Mrs. Bradley took out a notebook, and asked for all the information which Mother Francis could give.
“Thank God we have got the other child away!” Mother Francis exclaimed more than once in the course of her detailed narration. Mrs. Bradley, longing to dispense with some of the conversation and get to work, had a sudden uneasy recollection of an hour she had spent playing chess whilst Ulrica Doyle was supposed to be packing a suitcase.
Mary, it appeared, had been well on the previous day, when Mother Cyprian went in to take the needlework at half-past two. She had answered her name and, later (perhaps at ten to three, Mother Cyprian thought), she had had her work criticised and was shown how to do a false hem.

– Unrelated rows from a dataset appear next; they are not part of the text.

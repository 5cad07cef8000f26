// What is said of the warnings of a policy.

use crate::check::format::{Lines, said_of_calls};
use seccomp_answers::check::FilterWarnings;
use seccomp_warnings::{Code, Comparison, Evasion, Subject, Warning, sibling_of};
use seccompiler::TargetArch;

// Where a warning stands among those of the entries of a filter: the entry, the condition or 0, and the code.
type Order = (usize, usize, usize);

/// Adds what is said of the warnings of all filters.
pub fn push_warnings(lines: &mut Lines<'_>, target: TargetArch, all: &[FilterWarnings]) {
    for own in all {
        let mut shown = 0;
        for warning in &own.warned.of_part.warnings {
            shown = push_evasions(lines, target, own, shown, order_of(*warning));
            push_warning(lines, own, *warning);
        }
        push_evasions(lines, target, own, shown, Some((usize::MAX, 0, 0)));
    }
}

// Where a warning stands, if it is about an entry.
fn order_of(warning: Warning) -> Option<Order> {
    match warning.subject {
        Subject::Entry(entry) => Some((entry, 0, warning.code as usize)),
        Subject::Condition(comparison) => Some(order_in(comparison, warning.code)),
        Subject::MismatchAction(_) | Subject::MismatchCall(_) | Subject::MatchAction(_) => None,
    }
}

// Where a warning about a condition stands.
fn order_in(comparison: Comparison, code: Code) -> Order {
    let place = comparison.place.saturating_add(1);
    (comparison.entry, place, code as usize)
}

// Adds what is said of a filter's evasions from this one on that stand in front of here, and gives how many are said then.
fn push_evasions(
    lines: &mut Lines<'_>,
    target: TargetArch,
    own: &FilterWarnings,
    from: usize,
    here: Option<Order>,
) -> usize {
    let mut shown = from;
    for evasion in own.warned.evasions.get(from..).unwrap_or(&[]) {
        if here <= Some(order_in(evasion.comparison, evasion.code)) {
            break;
        }
        push_evasion(lines, target, own, evasion);
        shown = shown.saturating_add(1);
    }
    shown
}

// Adds what is said of an evasion of a filter.
fn push_evasion(
    lines: &mut Lines<'_>,
    target: TargetArch,
    own: &FilterWarnings,
    evasion: &Evasion,
) {
    lines.key(own.name.as_str());
    lines.key("filter");
    lines.item(evasion.comparison.entry);
    lines.key("args");
    lines.item(evasion.comparison.place);
    let said = evasion.code.said();
    match said_of_calls(lines.text.alloc(), target, evasion, said) {
        Ok(said) => lines.push("warning", evasion.code.name(), said.as_str()),
        Err(_) => lines.text.fail(),
    }
}

// Adds what is said of a warning of a filter.
fn push_warning(lines: &mut Lines<'_>, own: &FilterWarnings, warning: Warning) {
    let code = warning.code;
    lines.key(own.name.as_str());
    match warning.subject {
        Subject::MismatchAction(_) => lines.key("mismatch_action"),
        Subject::MismatchCall(unlisted) => {
            lines.key("mismatch_action");
            lines.call = Some(unlisted.name());
        }
        Subject::MatchAction(_) => lines.key("match_action"),
        Subject::Entry(entry) => {
            lines.key("filter");
            lines.item(entry);
            if let Code::SiblingAllowed = code {
                lines.call = sibling_of(&own.warned.part, entry);
            }
        }
        Subject::Condition(comparison) => {
            lines.key("filter");
            lines.item(comparison.entry);
            lines.key("args");
            lines.item(comparison.place);
        }
    }
    if let Some(key) = code.key() {
        lines.key(key);
    }
    lines.push("warning", code.name(), code.said());
}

And no false hem would have been necessary, Mother Cyprian had reiterated, if only Mary were not such a stupid girl. Even over needlework she was stupid, than which there could not be a pleasanter, easier subject, or one which was in every way more suited to a young girl’s mentality.
This cry from the heart Mrs. Bradley was obliged to receive in full from Mother Francis, who, weighed down, apparently equally, by worry and humility, had lost the faculty for selection, and let Mrs. Bradley have all the material at her disposal in one great tangled muddle of fact, opinion and emotion.